How to determine when an upstream git repository has been modified - for creating backups

117 Views Asked by At

How to determine if changes have been commited since the previous git bundle was created without creating a working repository, looping thru every branch and recording every head revision?

One of the short falls I'm finding with GIT is proper backup support for use in the enterprise. The enterprise differs from open source development in that there is always 1) an authoritative repository and 2) a backup system handling very large amounts of data. Thus there is motivation to both 1) backup very frequently and 2) only run the backup process when there are new changes. My problem is finding a solution for #2.

I'm using git bundle to create my archives but I'm not finding a conclusive way to determine whether new changes have been commit-ed since the previous backup.

I've been trying to find a combination of options for git rev-list to list new commit ids since the last bundle, but have been unsuccessful. A query on this topic reveals a very nice backup script written using:

git -C "${path}" rev-parse --short=10 HEAD

to mark the bundle with a commit id. That solution inadequately describes a snapshot of a git repository as other branches may have been updated leaving the HEAD revision of an upstream repository unaltered.

I've looked at using --max-age=<lastbackup epoch>, but quickly found that its possible for a developer to push older changes after a backup has run, and since the dates for the commits do not change, the result is that they are older than the last backup date and thus a backup is not triggered.

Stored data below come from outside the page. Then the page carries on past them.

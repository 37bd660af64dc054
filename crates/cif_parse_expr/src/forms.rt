//! The trees of the forms of expressions, from their parts.

ghost use Rattle.std.specs.Prelude.{◌≡◌, ◌∷◌, IfOk};
ghost use Rattle.cif_ast.specs.declared.expressions.Form.TheVariants as f;
ghost use Rattle.cif_parse_expr.specs.Trees as tree;

use crate::parts::fitted;
use crate::tokens::code;
use cif_ast::{Branch, CmpOp, Expr, Factor, Form, MulOp, Term};
use cif_base::{Boxed, Items, Memory};
use cif_lex::{Mark, Token, TokenKind, Word};
use std::alloc::Global;

// ---- operators

pub fn mul_op(kind: TokenKind) -> MulOp
    ensures { result ≡ tree.mul_op kind }
{
    if code(kind) == code(TokenKind::Reserved(Word::Div)) {
        MulOp::Div
    } else if code(kind) == code(TokenKind::Reserved(Word::Mod)) {
        MulOp::Mod
    } else {
        MulOp::Times
    }
}

pub fn is_minus(kind: TokenKind) -> bool
    ensures { result ≡ tree.is_minus kind }
{
    code(kind) == code(TokenKind::Sign(Mark::Minus))
}

fn cmp_op(kind: TokenKind) -> CmpOp
    ensures { result ≡ tree.cmp_op kind }
{
    if code(kind) == code(TokenKind::Sign(Mark::Equal)) {
        CmpOp::Eq
    } else if code(kind) == code(TokenKind::Sign(Mark::NotEqual)) {
        CmpOp::Ne
    } else if code(kind) == code(TokenKind::Sign(Mark::Less)) {
        CmpOp::Lt
    } else if code(kind) == code(TokenKind::Sign(Mark::LessEqual)) {
        CmpOp::Le
    } else if code(kind) == code(TokenKind::Sign(Mark::Greater)) {
        CmpOp::Gt
    } else {
        CmpOp::Ge
    }
}

// ---- operators between operands

#[tactic(auto, unfolding(crate::specs::Trees::place))]
fn place(e: &Expr) -> u32
    ensures { result ≡ tree.place e.now }
{
    e.at
}

/// A form with its place, in a box: a tree is handed on in one until it has its place, since a `Result` with all forms of an
/// expression in it is slow to check.
pub fn node(alloc: Global, form: Form, at: u32) -> Result<Boxed<Expr>, Memory>
    ensures { IfOk result (λ e. e ≡ tree.node at form) }
{
    Boxed::new(alloc, Expr { form, at })
}

pub fn factor(alloc: Global, op: MulOp, value: Boxed<Expr>) -> Result<Boxed<Factor>, Memory>
    ensures { IfOk result (λ f. f ≡ tree.factor_of op value) }
{
    let value = value.into_inner();
    Boxed::new(alloc, Factor { op, value })
}

pub fn term(alloc: Global, minus: bool, value: Boxed<Expr>) -> Result<Boxed<Term>, Memory>
    ensures { IfOk result (λ t. t ≡ tree.term_of minus value) }
{
    let value = value.into_inner();
    Boxed::new(alloc, Term { minus, value })
}

pub fn product(
    alloc: Global,
    first: Boxed<Expr>,
    rest: Items<Factor>,
) -> Result<Boxed<Expr>, Memory>
    ensures { IfOk result (λ e. e ≡ tree.product first rest) }
{
    let at = place(first.get());
    let rest = fitted(rest);
    node(alloc, Form::Product { first, rest }, at)
}

pub fn sum(alloc: Global, first: Boxed<Expr>, rest: Items<Term>) -> Result<Boxed<Expr>, Memory>
    ensures { IfOk result (λ e. e ≡ tree.sum first rest) }
{
    let at = place(first.get());
    let rest = fitted(rest);
    node(alloc, Form::Sum { first, rest }, at)
}

pub fn comparison(
    alloc: Global,
    left: Boxed<Expr>,
    sign: &Token,
    right: Boxed<Expr>,
) -> Result<Boxed<Expr>, Memory>
    ensures { IfOk result (λ e. e ≡ tree.comparison left (sign.now, right)) }
{
    let at = place(left.get());
    let op = cmp_op(sign.kind);
    node(alloc, Form::Compare { left, op, right }, at)
}

fn joined(alloc: Global, first: Boxed<Expr>, rest: Items<Expr>) -> Result<Items<Expr>, Memory>
    ensures { IfOk result (λ all. all ≡ first ∷ rest) }
{
    let mut all = Items::new(alloc);
    all.push(first.into_inner())?;
    all.append(rest)?;
    Ok(fitted(all))
}

pub fn conjunction(
    alloc: Global,
    first: Boxed<Expr>,
    rest: Items<Expr>,
) -> Result<Boxed<Expr>, Memory>
    ensures { IfOk result (λ e. e ≡ tree.conjunction first rest) }
{
    let at = place(first.get());
    let all = joined(alloc, first, rest)?;
    node(alloc, Form::And(all), at)
}

pub fn disjunction(
    alloc: Global,
    first: Boxed<Expr>,
    rest: Items<Expr>,
) -> Result<Boxed<Expr>, Memory>
    ensures { IfOk result (λ e. e ≡ tree.disjunction first rest) }
{
    let at = place(first.get());
    let all = joined(alloc, first, rest)?;
    node(alloc, Form::Or(all), at)
}

pub fn implication(
    alloc: Global,
    left: Boxed<Expr>,
    sign: &Token,
    right: Boxed<Expr>,
) -> Result<Boxed<Expr>, Memory>
    ensures { IfOk result (λ e. e ≡ tree.implication left (sign.now, right)) }
{
    let at = place(left.get());
    if code(sign.kind) == code(TokenKind::Sign(Mark::Implies)) {
        node(alloc, Form::Implies(left, right), at)
    } else {
        node(alloc, Form::Iff(left, right), at)
    }
}

// ---- operands, each with the place where it begins

pub fn negative(alloc: Global, at: u32, inner: Boxed<Expr>) -> Result<Boxed<Expr>, Memory>
    ensures { IfOk result (λ e. e ≡ tree.node at (f.Neg inner)) }
{
    node(alloc, Form::Neg(inner), at)
}

pub fn positive(alloc: Global, at: u32, inner: Boxed<Expr>) -> Result<Boxed<Expr>, Memory>
    ensures { IfOk result (λ e. e ≡ tree.node at (f.Plus inner)) }
{
    node(alloc, Form::Plus(inner), at)
}

pub fn negation(alloc: Global, at: u32, inner: Boxed<Expr>) -> Result<Boxed<Expr>, Memory>
    ensures { IfOk result (λ e. e ≡ tree.node at (f.Not inner)) }
{
    node(alloc, Form::Not(inner), at)
}

pub fn paren(alloc: Global, at: u32, inner: Boxed<Expr>) -> Result<Boxed<Expr>, Memory>
    ensures { IfOk result (λ e. e ≡ tree.node at (f.Paren inner)) }
{
    node(alloc, Form::Paren(inner), at)
}

pub fn absolute(alloc: Global, at: u32, inner: Boxed<Expr>) -> Result<Boxed<Expr>, Memory>
    ensures { IfOk result (λ e. e ≡ tree.node at (f.Abs inner)) }
{
    node(alloc, Form::Abs(inner), at)
}

pub fn least(
    alloc: Global,
    at: u32,
    first: Boxed<Expr>,
    other: Boxed<Expr>,
) -> Result<Boxed<Expr>, Memory>
    ensures { IfOk result (λ e. e ≡ tree.node at (f.Min first other)) }
{
    node(alloc, Form::Min(first, other), at)
}

pub fn greatest(
    alloc: Global,
    at: u32,
    first: Boxed<Expr>,
    other: Boxed<Expr>,
) -> Result<Boxed<Expr>, Memory>
    ensures { IfOk result (λ e. e ≡ tree.node at (f.Max first other)) }
{
    node(alloc, Form::Max(first, other), at)
}

pub fn branch(
    alloc: Global,
    conds: Items<Expr>,
    value: Boxed<Expr>,
) -> Result<Boxed<Branch>, Memory>
    ensures { IfOk result (λ b. b ≡ tree.branch_of conds value) }
{
    let value = value.into_inner();
    Boxed::new(alloc, Branch { conds, value })
}

pub fn choice(
    alloc: Global,
    at: u32,
    branches: Items<Branch>,
    other: Boxed<Expr>,
) -> Result<Boxed<Expr>, Memory>
    ensures { IfOk result (λ e. e ≡ tree.node at (f.If branches other)) }
{
    node(alloc, Form::If { branches, other }, at)
}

The best approach I have so far is:

git -C ${repo} rev-list -a --branches ${prev_commit}..HEAD

which does capture new revisions from other branches, but will continue to report revisions on other branches even after a newer commit has been made to HEAD.

I have not started looking into incremental backups yet, but I can already see that in order to verify one, I would need to create and manage a working repository when I prefer to just maintain bare repositories on our server.

Also I'll note that I have not found an option to git branch to remove the "*" so it will just give me a clean list of branches for scripting.

What are other enterprises doing to backup their repositories?

1

There are 1 best solutions below

3
On

You can use git -C "${path}" rev-parse --short=10 --branches instead. Even it shows fatal: Needed a single revision in the end of the output, but it also can display the latest commit for each updated branches.

As you use git to do version control, you just need the git server or third party hosted server (such as github, bitbucket etc) to manage the different version. It’s really convenient and time saving, and you don’t need to concern what’s the version now. The advantage is the commit histories can't lost, so in this way you don't need to do archiving any more.